Australia is the sixth largest wine producer in the world, and the fifth largest wine exporter. We currently export two thirds of Australian wine produced, adding $2.89 billion to the economy per year. This growth brings enormous benefits to Australian winemaking and growing regions, but it also brings with it the risk that some may seek to unfairly profit off the reputation of others and undermine the integrity of the sector as a whole.

Our robust wine export controls ensure consumers can be confident that they will not only be getting a safe and quality product, but that what the bottle says they are going to get, is what they're getting.

With the Wine Australia Amendment (Label Directory) Bill 2019 we are adding one more tool to Wine Australia's export controls toolkit. The Bill allows Wine Australia to establish the Wine Export Label Directory, a public-facing online database of all Australian wine labels for export.

The Australian wine industry asked for a Label Directory to strengthen the wine export regulatory system administered by Wine Australia to prevent the export of copycat labelled wines, and we are delivering it. While Wine Australia's role does not extend to protection of intellectual property rights, this Bill will better facilitate wine brand owners to protect their own interests.

With our steady growing, high volume and high value wine exports it is no longer a simple case of walking into a liquor store or visiting a key distributor or retailer overseas to ensure copycat labels haven't entered the market. The Label Directory is a simple, modern equivalent.

The Label Directory will allow brand owners to search the database to easily see whether other labels may be seeking to trade off of their intellectual property so they can undertake appropriate civil action against copycat exporters through the Australian legal system. While it is up to them to sort out whether copyright infringement has occurred, we are sending a clear message that trying to take advantage of the reputation of Australian brands is not on.

The Bill will also enable Wine Australia to take into account the behaviour of wine exporters using the Label Directory, in administering licences to export grape products. So when exporters are trying to take advantage of the good name of Australian brands, or are using untruthful or non-compliant labels, Wine Australia can suspend or cancel their licence to export.

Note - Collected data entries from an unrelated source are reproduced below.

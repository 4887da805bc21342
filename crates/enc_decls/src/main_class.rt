// The class with which a program starts.
ghost use Rattle.std.specs.Prelude.{◌≡◌, IfOk};
ghost use Rattle.enc_modes.specs.declared.ty.Ty.TheVariants as ty;
ghost use Rattle.enc_types.specs.Words.{some};
ghost use Rattle.enc_decls.specs.Rules as spec;

use enc_ast::{Decl, Method, Param, TypeText};
use enc_modes::{Shared, Ty};
use enc_types::Names;
use std::alloc::{AllocError, Global};

/// Whether there is an active class `Main` whose method `main` takes a list of integers and gives
/// nothing. Where memory runs out, it answers `AllocError`.
pub fn has_main(alloc: Global, decls: &[Decl], names: &Names) -> Result<bool, AllocError>
    ensures { IfOk result (λ it. it ≡ some (spec.is_main_class names.now) decls.now) }
{
    let ints = Ty::List(Shared::new(alloc, Ty::Int)?);
    has_main_class(names, &ints, decls)
}

fn has_main_class(names: &Names, ints: &Ty, decls: &[Decl]) -> Result<bool, AllocError>
    requires { ints.now ≡ ty.List ty.Int }
    ensures { IfOk result (λ it. it ≡ some (spec.is_main_class names.now) decls.now) }
{
    for decl in decls {
        if is_main_class(names, ints, decl)? {
            return Ok(true);
        }
    }
    Ok(false)
}

fn is_main_class(names: &Names, ints: &Ty, decl: &Decl) -> Result<bool, AllocError>
    requires { ints.now ≡ ty.List ty.Int }
    ensures { IfOk result (λ it. it ≡ spec.is_main_class names.now decl.now) }
{
    match decl {
        Decl::Active(class) => {
            Ok(
                class.name.word.is("Main")
                    && has_main_method(names, ints, class.methods.as_slice())?,
            )
        }
        _ => Ok(false),
    }
}

fn has_main_method(names: &Names, ints: &Ty, methods: &[Method]) -> Result<bool, AllocError>
    requires { ints.now ≡ ty.List ty.Int }
    ensures { IfOk result (λ it. it ≡ some (spec.is_main names.now) methods.now) }
{
    for method in methods {
        if is_main(names, ints, method)? {
            return Ok(true);
        }
    }
    Ok(false)
}

fn is_main(names: &Names, ints: &Ty, method: &Method) -> Result<bool, AllocError>
    requires { ints.now ≡ ty.List ty.Int }
    ensures { IfOk result (λ it. it ≡ spec.is_main names.now method.now) }
{
    Ok(
        method.name.word.is("main")
            && takes_ints(names, ints, method.params.as_slice())?
            && is_written(names, &method.result, &Ty::Unit)?,
    )
}

fn takes_ints(names: &Names, ints: &Ty, params: &[Param]) -> Result<bool, AllocError>
    requires { ints.now ≡ ty.List ty.Int }
    ensures { IfOk result (λ it. it ≡ spec.takes_ints names.now params.now) }
{
    match params {
        [param] => is_written(names, &param.ty, ints),
        _ => Ok(false),
    }
}

// Whether the written type is known to be this one.
fn is_written(names: &Names, text: &TypeText, ty: &Ty) -> Result<bool, AllocError>
    ensures { IfOk result (λ it. it ≡ spec.is_written names.now text.now ty.now) }
{
    match names.ty(text)? {
        None => Ok(false),
        Some(written) => Ok(written.is(ty)),
    }
}
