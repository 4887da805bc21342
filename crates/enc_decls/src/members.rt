// Fields and methods.
ghost use Rattle.std.specs.Prelude.{◌≡◌, []};
ghost use Rattle.enc_premises.specs.Premises.{each_after, if_known};
ghost use Rattle.enc_premises.specs.Passing.{Passes};
ghost use Rattle.enc_decls.specs.Rules as rules;
ghost use Rattle.enc_decls.specs.Nodes as spec;

use crate::routines::{has_distinct_params, routine_types};
use enc_ast::{Fail, Field, Method, Rule};
use enc_modes::{Mode, Ty, is_shareable, mode_of};
use enc_premises::demand;
use enc_types::{Names, Places};
use std::alloc::Global;

/// What has fields and methods.
#[derive(Clone, Copy, Debug, PartialEq, Eq)]
pub enum Owner {
    /// A trait of this mode.
    Trait(Mode),
    /// An active class.
    Active,
}

impl Owner {
    fn rule(self) -> Rule
        ensures { result ≡ spec.rule_of self }
    {
        match self {
            Owner::Trait(_) => Rule::KTrait,
            Owner::Active => Rule::KActive,
        }
    }

    // Whether a field may have the type, where it is known.
    fn fits(self, ty: &Option<Ty>) -> bool
        ensures { result ≡ if_known (spec.fits_in self) ty.now }
    {
        match (self, ty) {
            (Owner::Trait(mode), Some(ty)) => field_fits(mode, ty),
            _ => true,
        }
    }
}

#[tactic(auto, unfolding(crate::specs::Rules::field_fits))]
fn field_fits(mode: Mode, ty: &Ty) -> bool
    ensures { result ≡ rules.field_fits mode ty.now }
{
    match mode {
        Mode::Linear | Mode::Subordinate => goes_along(ty),
        Mode::Read => is_shareable(ty),
        Mode::Local => true,
    }
}

fn goes_along(ty: &Ty) -> bool
    ensures { result ≡ rules.goes_along ty.now }
{
    match ty {
        Ty::Cap(cap) => mode_of(cap) != Mode::Local,
        _ => true,
    }
}

/// Refuses by the first of the fields and the methods of an owner that breaks a rule, and answers
/// `Fail::Memory` where memory runs out.
#[tactic(auto, using(crate::proofs::Passing::passing))]
pub fn members(
    alloc: Global,
    names: &Names,
    owner: Owner,
    fields: &[Field],
    methods: &[Method],
) -> Result<(), Fail>
    ensures { Passes result (rules.member_premises names.now (spec.rule_of owner) (spec.fits_in owner) fields.now methods.now) }
{
    each_field(alloc, names, owner, fields)?;
    each_method(alloc, names, owner, methods)
}

#[tactic(auto, using(crate::proofs::Loops::afters))]
fn each_field(alloc: Global, names: &Names, owner: Owner, fields: &[Field]) -> Result<(), Fail>
    ensures { Passes result (each_after (rules.field_premises names.now (spec.rule_of owner) (spec.fits_in owner)) [] fields.now) }
{
    let mut seen = Places::new(alloc);
    for field in fields {
        let new = !seen.has(field.name.word.as_str());
        judge_field(names, owner, new, field)?;
        seen.add(&field.name.word)?;
    }
    Ok(())
}

#[tactic(auto, using(crate::proofs::Passing::passing))]
fn judge_field(names: &Names, owner: Owner, new: bool, field: &Field) -> Result<(), Fail>
    ensures { Passes result (spec.field_node names.now (spec.rule_of owner) (spec.fits_in owner) new field.now) }
{
    let ty = names.written(&field.ty)?;
    demand(owner.rule(), field.span, new && owner.fits(&ty))
}

#[tactic(auto, using(crate::proofs::Loops::afters))]
fn each_method(alloc: Global, names: &Names, owner: Owner, methods: &[Method]) -> Result<(), Fail>
    ensures { Passes result (each_after (rules.method_premises names.now (spec.rule_of owner)) [] methods.now) }
{
    let mut seen = Places::new(alloc);
    for method in methods {
        let new = !seen.has(method.name.word.as_str());
        judge_method(alloc, names, owner, new, method)?;
        seen.add(&method.name.word)?;
    }
    Ok(())
}

#[tactic(auto, using(crate::proofs::Passing::passing))]
fn judge_method(
    alloc: Global,
    names: &Names,
    owner: Owner,
    new: bool,
    method: &Method,
) -> Result<(), Fail>
    ensures { Passes result (spec.method_node names.now (spec.rule_of owner) new method.now) }
{
    routine_types(names, method)?;
    demand(owner.rule(), method.span, new)?;
    let distinct = has_distinct_params(alloc, method.params.as_slice())?;
    demand(Rule::KSig, method.span, distinct)
}
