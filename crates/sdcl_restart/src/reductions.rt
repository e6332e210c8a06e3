//! Reductions of the learned clauses: the first is due after 2000 learned clauses, and each waits
//! for 300 more than the one before.
ghost use Rattle.std.specs.Prelude.{◌≡◌, ◌+◌, ◌<◌};
ghost use Rattle.sdcl_restart.specs.Reductions.{counts_begun, is_reduction_due};

use std::marker::Model;

/// The clauses that were learned since the last reduction, and the reductions that were made.
#[derive(Drop)]
pub struct Reductions {
    since: u32,
    made: u32,
}

impl Model for Reductions {
    ghost use Rattle.sdcl_restart.specs.Reductions.{Counts};

    ghost Value = { Counts };

    ghost view = { λ r. record { since = r.since; made = r.made } };
}

impl Reductions {
    /// No clause learned and no reduction made.
    pub fn new() -> Reductions
        ensures { result ≡ counts_begun }
    {
        Reductions { since: 0, made: 0 }
    }

    /// A clause was learned.
    pub fn learned(&mut self)
        requires { self.old.since < 4294967295 }
        ensures { self.new ≡ record self.old { since = self.old.since + 1 } }
    {
        self.since += 1;
    }

    /// Whether a reduction is due.
    pub fn due(&self) -> bool
        ensures { result ≡ is_reduction_due self.now }
    {
        self.since as u64 >= 2000 + 300 * (self.made as u64)
    }

    /// A reduction was made.
    pub fn reduced(&mut self)
        requires { self.old.made < 4294967295 }
        ensures { self.new ≡ record { since = 0; made = self.old.made + 1 } }
    {
        self.since = 0;
        self.made += 1;
    }
}
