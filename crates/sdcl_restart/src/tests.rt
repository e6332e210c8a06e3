//! The schedules against values that were worked out by hand, and by another program where it is
//! said.
ghost use Rattle.std.specs.Prelude.{◌≡◌, ◌+◌, ◌<◌};

use crate::luby::luby;
use crate::{Reductions, Restart, RestartKind};
use std::test::Fail;

// Learns clauses, as the reductions count them.
fn learn_for_reductions(reductions: &mut Reductions, clauses: u32)
    requires { reductions.old.since + clauses < 4294967296 }
    ensures { reductions.new ≡ record reductions.old { since = reductions.old.since + clauses } }
{
    for n in 0..clauses {
        reductions.learned();
    }
}

// Learns clauses of one glue, as the restarts count them.
fn learn(restart: &mut Restart, glue: u32, clauses: u32)
    requires { restart.old.since + clauses < 4294967296 }
    ensures since { restart.new.since ≡ restart.old.since + clauses }
    ensures made { restart.new.made ≡ restart.old.made }
{
    for n in 0..clauses {
        restart.learned(glue);
    }
}

#[test]
fn each_reduction_waits_for_300_clauses_more(rt: HostRuntime) {
    let mut reductions = Reductions::new();
    learn_for_reductions(&mut reductions, 1999);
    assert!(rt; !reductions.due());
    learn_for_reductions(&mut reductions, 1);
    assert!(rt; reductions.due());
    reductions.reduced();
    learn_for_reductions(&mut reductions, 2299);
    assert!(rt; !reductions.due());
    learn_for_reductions(&mut reductions, 1);
    assert!(rt; reductions.due());
}

#[test]
fn luby_has_its_first_31_terms(rt: HostRuntime) {
    let terms = [
        1u64, 1, 2, 1, 1, 2, 4, 1, 1, 2, 1, 1, 2, 4, 8, 1, 1, 2, 1, 1, 2, 4, 1, 1, 2, 1, 1, 2, 4,
        8, 16,
    ];
    for (index, term) in terms.iter().enumerate() {
        assert_eq!(rt; luby(index as u64 + 1), *term, "at {index}");
    }
}

// The clauses after which a restart is due, of the first so many with a glue of 1.
fn restarts(rt: &HostRuntime, kind: RestartKind, clauses: u32) -> Result<Vec<u32>, Fail>
    requires { clauses < 4294967295 }
{
    let mut restart = Restart::new(kind);
    let mut due = Vec::new(rt.alloc());
    for n in 0..clauses {
        restart.learned(1);
        if restart.due() {
            due.push(n + 1)?;
            restart.restarted();
        }
    }
    Ok(due)
}

#[test]
fn restarts_by_luby_are_due_after_64_times_its_terms(rt: HostRuntime) -> Result<(), Fail> {
    let due = restarts(&rt, RestartKind::Luby, 256)?;
    assert_eq!(rt; due.as_slice(), [64u32, 128, 256].as_slice());
    let never = restarts(&rt, RestartKind::Never, 256)?;
    assert_eq!(rt; never.len(), 0);
    Ok(())
}

#[test]
fn restarts_by_glue_wait_for_50_clauses(rt: HostRuntime) {
    let mut restart = Restart::new(RestartKind::Glue);
    learn(&mut restart, 1, 49);
    assert!(rt; !restart.due());
    learn(&mut restart, 1, 1);
    assert!(rt; restart.due());
    restart.restarted();
    assert!(rt; !restart.due());
}

// With one glue for all clauses the slow average comes near the fast one in the end. The place is
// that of another program.
#[test]
fn averages_of_one_glue_meet(rt: HostRuntime) {
    let mut restart = Restart::new(RestartKind::Glue);
    learn(&mut restart, 5, 6585);
    assert!(rt; restart.due());
    learn(&mut restart, 5, 1);
    assert!(rt; !restart.due());
}
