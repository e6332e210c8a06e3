//! Laws over the definitions. Each is the contract of a function that does nothing: a caller that
//! names it has the law.
ghost use Rattle.sdcl_restart.specs.Laws.{LubyEndsInAPower, LubyRepeats};

/// The two equations that give each term of Luby's sequence from the first place on.
pub fn luby_laws()
    ensures ends { LubyEndsInAPower }
    ensures repeats { LubyRepeats }
{}
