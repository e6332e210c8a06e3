//! Luby's sequence 1, 1, 2, 1, 1, 2, 4, .. (Luby, Sinclair and Zuckerman, 1993): what stands before
//! the place 2 ^ i - 1 stands there twice, and then comes 2 ^ (i - 1).
ghost use Rattle.std.specs.Prelude.{◌≡◌, ◌≤◌, ◌<◌, ◌^◌};
ghost use Rattle.sdcl_restart.specs.Luby.{luby};

/// The term at a place, counted from 1, in as many steps as the greatest place has bits.
pub fn luby(place: u64) -> u64
    requires first { 1 ≤ place }
    requires room { place < 2 ^ 33 }
    ensures value { result ≡ luby place }
    ensures bounded { result ≤ 2 ^ 32 }
{
    let mut k = place;
    let mut half: u64 = 4_294_967_296;
    // the term is that of k, which is below twice the half
    while k != 2 * half - 1 {
        if k >= half {
            k = k - half + 1;
        }
        half /= 2;
    }
    half
}
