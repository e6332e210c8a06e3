//! Restarts. By Luby, the k-th is due after 64 times the k-th term of his sequence. By Glue, one is
//! due where the learned clauses of late are worse than those of long: each learned clause moves
//! two averages of the glue towards its own, the fast by 1/32 and the slow by 1/4096 of the way
//! (Biere and Froehlich, 2015). The averages are whole numbers in units of 2 ^ -20 and stay below
//! 2 ^ 52. Each call takes constant time; `due` by Luby takes at most 33 steps.
ghost use Rattle.std.specs.Prelude.{◌≡◌, ◌+◌, ◌<◌};
ghost use Rattle.sdcl_restart.specs.Restart.{course_begun, with_clause_learned, is_restart_due};

use crate::luby::luby;
use std::marker::Model;

/// The rule by which restarts are due.
#[derive(Clone, Copy, Debug, PartialEq, Eq)]
pub enum RestartKind {
    Never,
    Luby,
    Glue,
}

/// The clauses that were learned since the last restart, the restarts that were made, and the
/// averages.
#[derive(Drop)]
pub struct Restart {
    kind: RestartKind,
    since: u32,
    made: u32,
    fast: u64,
    slow: u64,
}

impl Model for Restart {
    ghost use Rattle.std.specs.Prelude.{◌<◌, ◌^◌};
    ghost use Rattle.sdcl_restart.specs.Restart.{Course};

    ghost Value = { Course };

    ghost view = { λ r. record {
      kind = r.kind;
      since = r.since;
      made = r.made;
      fast = r.fast;
      slow = r.slow;
    } };

    ghost invariant = { λ r. (r.fast < 2 ^ 52) × (r.slow < 2 ^ 52) };
}

impl Restart {
    /// No clause learned and no restart made.
    pub fn new(kind: RestartKind) -> Restart
        ensures { result ≡ course_begun kind }
    {
        Restart {
            kind,
            since: 0,
            made: 0,
            fast: 0,
            slow: 0,
        }
    }

    /// A clause of that glue was learned.
    pub fn learned(&mut self, glue: u32)
        requires { self.old.since < 4294967295 }
        ensures { self.new ≡ with_clause_learned self.old glue }
    {
        let scaled = (glue as u64) * 1_048_576;
        self.since += 1;
        self.fast = self.fast - self.fast / 32 + scaled / 32;
        self.slow = self.slow - self.slow / 4096 + scaled / 4096;
    }

    /// Whether a restart is due.
    pub fn due(&self) -> bool
        ensures { result ≡ is_restart_due self.now }
    {
        match self.kind {
            RestartKind::Never => false,
            RestartKind::Luby => self.since as u64 >= 64 * luby(self.made as u64 + 1),
            RestartKind::Glue => self.since >= 50 && 4 * self.fast > 5 * self.slow,
        }
    }

    /// A restart was made. The averages go on.
    pub fn restarted(&mut self)
        requires { self.old.made < 4294967295 }
        ensures { self.new ≡ record self.old { since = 0; made = self.old.made + 1 } }
    {
        self.since = 0;
        self.made += 1;
    }
}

The continuing success of Australian wine exports depends on the maintenance of our internationally recognised reputation for quality and integrity that is supported by Wine Australia's regulatory activities. The establishment of the Label Directory by this Bill will better equip Wine Australia to respond to the risks that come with growth in reputation and value overseas, and enable the Australian wine industry to more easily protect themselves.

Debate adjourned.

Ordered that the bills be listed on the Notice Paper as separate orders of the day.